Using the records below, report how many lines hold "texts", with no extra text.

Saved data entries
+ + + + +
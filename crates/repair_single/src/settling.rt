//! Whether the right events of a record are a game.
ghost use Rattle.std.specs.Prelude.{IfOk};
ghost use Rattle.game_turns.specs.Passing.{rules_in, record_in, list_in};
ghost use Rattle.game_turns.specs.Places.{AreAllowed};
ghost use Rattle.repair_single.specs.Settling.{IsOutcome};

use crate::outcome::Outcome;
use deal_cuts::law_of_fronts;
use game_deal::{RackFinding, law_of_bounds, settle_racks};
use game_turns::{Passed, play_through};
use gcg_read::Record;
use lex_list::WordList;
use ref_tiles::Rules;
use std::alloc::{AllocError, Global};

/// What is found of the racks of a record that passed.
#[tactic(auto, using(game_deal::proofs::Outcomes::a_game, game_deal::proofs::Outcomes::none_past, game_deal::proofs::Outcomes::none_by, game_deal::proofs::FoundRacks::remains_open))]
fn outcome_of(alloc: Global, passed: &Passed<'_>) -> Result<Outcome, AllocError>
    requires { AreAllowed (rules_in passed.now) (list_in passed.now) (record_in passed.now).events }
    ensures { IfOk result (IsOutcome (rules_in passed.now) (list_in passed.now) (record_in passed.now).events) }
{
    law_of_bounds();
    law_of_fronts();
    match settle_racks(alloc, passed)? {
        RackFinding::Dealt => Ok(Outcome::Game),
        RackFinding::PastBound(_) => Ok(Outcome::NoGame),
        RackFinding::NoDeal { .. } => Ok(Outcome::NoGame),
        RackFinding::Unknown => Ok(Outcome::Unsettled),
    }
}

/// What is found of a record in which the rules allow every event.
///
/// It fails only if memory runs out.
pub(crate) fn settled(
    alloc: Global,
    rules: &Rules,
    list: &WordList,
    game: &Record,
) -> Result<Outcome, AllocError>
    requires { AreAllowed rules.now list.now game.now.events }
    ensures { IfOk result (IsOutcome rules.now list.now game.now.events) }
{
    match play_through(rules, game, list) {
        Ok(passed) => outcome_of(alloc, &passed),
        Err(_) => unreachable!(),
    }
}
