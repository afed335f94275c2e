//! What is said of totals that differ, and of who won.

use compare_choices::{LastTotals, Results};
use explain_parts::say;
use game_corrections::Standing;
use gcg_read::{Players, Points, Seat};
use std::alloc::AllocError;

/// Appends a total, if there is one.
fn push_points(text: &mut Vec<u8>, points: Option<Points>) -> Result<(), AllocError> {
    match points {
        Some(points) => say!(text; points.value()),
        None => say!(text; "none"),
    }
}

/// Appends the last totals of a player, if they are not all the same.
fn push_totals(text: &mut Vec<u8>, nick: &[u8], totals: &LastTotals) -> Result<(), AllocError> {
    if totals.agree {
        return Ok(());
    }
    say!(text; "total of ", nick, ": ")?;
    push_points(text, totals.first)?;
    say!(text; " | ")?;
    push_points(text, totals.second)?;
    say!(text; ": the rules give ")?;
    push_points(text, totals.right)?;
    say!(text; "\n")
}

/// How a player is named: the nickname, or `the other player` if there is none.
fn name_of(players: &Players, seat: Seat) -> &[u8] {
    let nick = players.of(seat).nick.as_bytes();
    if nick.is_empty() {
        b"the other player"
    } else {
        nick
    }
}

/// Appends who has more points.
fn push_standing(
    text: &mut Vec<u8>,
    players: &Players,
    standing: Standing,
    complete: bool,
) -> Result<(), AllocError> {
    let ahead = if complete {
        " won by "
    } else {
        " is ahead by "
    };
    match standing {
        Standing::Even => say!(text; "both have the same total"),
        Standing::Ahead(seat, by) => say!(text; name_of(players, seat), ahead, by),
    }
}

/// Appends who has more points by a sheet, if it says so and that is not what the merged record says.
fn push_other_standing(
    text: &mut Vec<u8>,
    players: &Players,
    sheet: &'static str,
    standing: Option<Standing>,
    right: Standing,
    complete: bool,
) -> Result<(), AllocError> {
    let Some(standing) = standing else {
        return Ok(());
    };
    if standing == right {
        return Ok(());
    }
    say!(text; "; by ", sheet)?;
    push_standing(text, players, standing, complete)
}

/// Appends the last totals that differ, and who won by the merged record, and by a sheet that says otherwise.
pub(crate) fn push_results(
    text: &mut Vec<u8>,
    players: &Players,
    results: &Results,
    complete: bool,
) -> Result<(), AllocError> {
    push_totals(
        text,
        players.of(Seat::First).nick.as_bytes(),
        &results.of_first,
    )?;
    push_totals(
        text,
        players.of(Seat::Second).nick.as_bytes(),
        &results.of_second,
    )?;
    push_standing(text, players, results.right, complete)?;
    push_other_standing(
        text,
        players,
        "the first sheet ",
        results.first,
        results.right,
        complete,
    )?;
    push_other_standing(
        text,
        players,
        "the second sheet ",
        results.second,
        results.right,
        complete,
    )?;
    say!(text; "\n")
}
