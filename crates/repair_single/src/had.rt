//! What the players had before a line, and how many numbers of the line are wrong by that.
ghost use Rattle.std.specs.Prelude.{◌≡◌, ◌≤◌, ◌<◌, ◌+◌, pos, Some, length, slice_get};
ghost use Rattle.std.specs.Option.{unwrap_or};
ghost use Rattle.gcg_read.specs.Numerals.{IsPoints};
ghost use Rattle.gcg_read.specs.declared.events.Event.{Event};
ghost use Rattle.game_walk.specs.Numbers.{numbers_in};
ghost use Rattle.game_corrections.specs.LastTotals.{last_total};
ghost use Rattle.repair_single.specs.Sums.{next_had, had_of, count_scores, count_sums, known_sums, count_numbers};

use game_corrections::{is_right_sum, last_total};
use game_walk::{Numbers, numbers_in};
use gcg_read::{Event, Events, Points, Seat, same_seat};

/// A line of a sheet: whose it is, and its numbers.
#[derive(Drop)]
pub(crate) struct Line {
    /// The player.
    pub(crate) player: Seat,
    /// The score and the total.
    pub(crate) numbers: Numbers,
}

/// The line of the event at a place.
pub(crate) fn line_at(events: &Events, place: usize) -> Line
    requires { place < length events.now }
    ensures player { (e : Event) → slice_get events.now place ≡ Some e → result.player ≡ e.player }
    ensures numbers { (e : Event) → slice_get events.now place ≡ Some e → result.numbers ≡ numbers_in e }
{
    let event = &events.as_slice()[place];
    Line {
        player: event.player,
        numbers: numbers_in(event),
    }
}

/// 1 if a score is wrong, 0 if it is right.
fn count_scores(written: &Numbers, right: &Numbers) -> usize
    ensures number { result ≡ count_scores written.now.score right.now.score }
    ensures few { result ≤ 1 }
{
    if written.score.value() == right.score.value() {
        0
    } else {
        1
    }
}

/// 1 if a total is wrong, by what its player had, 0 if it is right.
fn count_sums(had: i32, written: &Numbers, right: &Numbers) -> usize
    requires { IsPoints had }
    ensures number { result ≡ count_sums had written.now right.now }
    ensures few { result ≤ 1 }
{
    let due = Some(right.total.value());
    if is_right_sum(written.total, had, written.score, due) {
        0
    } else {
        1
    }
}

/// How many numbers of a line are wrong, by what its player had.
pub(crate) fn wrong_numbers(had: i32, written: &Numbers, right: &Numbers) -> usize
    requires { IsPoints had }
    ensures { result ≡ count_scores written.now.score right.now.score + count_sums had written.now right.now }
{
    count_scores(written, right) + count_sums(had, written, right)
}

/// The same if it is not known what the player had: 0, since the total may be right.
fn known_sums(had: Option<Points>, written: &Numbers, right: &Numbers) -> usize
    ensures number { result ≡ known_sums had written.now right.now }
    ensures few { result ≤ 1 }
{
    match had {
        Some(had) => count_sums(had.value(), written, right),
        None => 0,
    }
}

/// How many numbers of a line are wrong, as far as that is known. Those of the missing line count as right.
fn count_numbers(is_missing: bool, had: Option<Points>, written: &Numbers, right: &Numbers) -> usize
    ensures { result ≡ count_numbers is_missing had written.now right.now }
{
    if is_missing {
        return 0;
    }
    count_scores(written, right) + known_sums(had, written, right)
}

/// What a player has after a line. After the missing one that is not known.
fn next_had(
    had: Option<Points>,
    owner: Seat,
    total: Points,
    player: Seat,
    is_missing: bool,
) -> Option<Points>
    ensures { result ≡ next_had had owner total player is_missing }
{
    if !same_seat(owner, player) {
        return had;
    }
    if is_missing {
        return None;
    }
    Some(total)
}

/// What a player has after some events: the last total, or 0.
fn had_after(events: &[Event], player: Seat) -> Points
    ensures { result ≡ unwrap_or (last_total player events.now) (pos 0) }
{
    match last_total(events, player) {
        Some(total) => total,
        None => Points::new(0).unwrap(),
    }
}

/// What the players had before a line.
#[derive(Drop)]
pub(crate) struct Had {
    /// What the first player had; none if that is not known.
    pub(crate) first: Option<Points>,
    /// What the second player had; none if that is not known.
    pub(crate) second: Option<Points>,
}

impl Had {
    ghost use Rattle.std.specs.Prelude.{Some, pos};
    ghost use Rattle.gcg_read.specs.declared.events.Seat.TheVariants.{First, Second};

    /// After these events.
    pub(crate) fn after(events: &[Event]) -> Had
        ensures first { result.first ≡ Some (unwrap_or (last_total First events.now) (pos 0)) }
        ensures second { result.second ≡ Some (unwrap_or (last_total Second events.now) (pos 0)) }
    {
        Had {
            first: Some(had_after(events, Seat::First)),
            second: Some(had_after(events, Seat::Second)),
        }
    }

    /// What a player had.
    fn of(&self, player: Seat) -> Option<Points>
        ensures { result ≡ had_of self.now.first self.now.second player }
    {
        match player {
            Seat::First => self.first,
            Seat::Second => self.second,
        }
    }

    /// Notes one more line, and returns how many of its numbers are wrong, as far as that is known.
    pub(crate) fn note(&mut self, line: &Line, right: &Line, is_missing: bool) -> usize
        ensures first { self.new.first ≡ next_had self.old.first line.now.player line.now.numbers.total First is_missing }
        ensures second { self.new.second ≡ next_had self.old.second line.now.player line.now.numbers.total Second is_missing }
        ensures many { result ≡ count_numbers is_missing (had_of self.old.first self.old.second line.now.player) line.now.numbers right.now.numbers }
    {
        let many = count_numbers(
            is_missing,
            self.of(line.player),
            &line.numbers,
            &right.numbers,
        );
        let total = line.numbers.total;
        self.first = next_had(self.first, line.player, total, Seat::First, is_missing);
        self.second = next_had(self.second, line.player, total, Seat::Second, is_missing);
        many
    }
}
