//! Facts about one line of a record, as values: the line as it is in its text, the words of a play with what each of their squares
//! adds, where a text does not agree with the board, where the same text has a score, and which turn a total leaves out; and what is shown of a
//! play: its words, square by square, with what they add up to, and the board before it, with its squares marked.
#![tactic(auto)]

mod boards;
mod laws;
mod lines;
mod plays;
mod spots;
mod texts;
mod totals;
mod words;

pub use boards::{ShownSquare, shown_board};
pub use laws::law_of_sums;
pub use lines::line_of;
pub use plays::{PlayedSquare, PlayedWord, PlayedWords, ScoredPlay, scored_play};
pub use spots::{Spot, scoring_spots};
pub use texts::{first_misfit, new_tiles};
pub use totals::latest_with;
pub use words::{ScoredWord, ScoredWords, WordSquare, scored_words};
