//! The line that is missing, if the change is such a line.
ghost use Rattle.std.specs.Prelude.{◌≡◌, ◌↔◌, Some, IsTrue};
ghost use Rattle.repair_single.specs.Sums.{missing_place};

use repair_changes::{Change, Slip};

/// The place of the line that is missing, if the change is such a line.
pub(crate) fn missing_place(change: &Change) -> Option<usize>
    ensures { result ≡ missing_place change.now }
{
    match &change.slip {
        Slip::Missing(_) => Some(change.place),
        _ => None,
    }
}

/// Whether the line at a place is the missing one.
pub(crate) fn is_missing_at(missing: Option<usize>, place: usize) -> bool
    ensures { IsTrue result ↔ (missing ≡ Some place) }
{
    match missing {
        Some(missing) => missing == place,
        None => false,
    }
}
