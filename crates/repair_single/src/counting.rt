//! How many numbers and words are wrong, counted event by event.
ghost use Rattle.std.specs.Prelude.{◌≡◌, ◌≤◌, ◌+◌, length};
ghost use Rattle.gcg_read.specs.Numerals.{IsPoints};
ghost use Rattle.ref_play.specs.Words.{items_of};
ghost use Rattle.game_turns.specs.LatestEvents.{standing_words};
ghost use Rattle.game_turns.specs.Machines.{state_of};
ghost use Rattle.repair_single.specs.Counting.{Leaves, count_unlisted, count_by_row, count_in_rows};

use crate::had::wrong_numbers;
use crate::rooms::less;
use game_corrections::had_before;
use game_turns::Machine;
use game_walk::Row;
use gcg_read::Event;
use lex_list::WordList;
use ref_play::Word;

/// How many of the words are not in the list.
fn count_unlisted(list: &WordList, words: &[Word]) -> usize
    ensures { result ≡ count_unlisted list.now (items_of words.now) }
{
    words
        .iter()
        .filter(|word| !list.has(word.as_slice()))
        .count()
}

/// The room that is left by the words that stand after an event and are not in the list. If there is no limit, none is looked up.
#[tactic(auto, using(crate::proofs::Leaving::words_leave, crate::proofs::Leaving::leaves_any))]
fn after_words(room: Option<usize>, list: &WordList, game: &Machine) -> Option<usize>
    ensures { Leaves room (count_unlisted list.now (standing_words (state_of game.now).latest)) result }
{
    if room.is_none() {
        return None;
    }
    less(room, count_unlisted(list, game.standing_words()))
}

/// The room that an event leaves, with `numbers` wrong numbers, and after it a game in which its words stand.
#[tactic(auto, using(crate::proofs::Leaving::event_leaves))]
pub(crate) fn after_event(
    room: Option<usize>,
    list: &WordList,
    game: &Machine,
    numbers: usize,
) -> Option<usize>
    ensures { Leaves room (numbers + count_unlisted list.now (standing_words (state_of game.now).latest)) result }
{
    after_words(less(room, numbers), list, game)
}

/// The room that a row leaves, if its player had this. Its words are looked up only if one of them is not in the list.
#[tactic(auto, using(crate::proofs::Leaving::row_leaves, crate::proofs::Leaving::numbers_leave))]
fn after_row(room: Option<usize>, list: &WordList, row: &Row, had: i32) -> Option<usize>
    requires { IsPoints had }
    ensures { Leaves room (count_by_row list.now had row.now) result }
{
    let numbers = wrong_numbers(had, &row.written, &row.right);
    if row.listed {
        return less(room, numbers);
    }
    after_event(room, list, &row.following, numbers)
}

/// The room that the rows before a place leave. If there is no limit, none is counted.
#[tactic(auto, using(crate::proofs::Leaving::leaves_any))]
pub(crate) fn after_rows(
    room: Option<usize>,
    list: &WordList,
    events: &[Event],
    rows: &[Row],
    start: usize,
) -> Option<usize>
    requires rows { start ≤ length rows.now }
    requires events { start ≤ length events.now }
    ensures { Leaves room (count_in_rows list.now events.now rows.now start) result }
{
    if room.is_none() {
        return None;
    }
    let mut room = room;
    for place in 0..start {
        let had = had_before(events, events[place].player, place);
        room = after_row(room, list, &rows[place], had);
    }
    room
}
+ + + + +
▸ **RESPONSE TO THIS TASK**: 2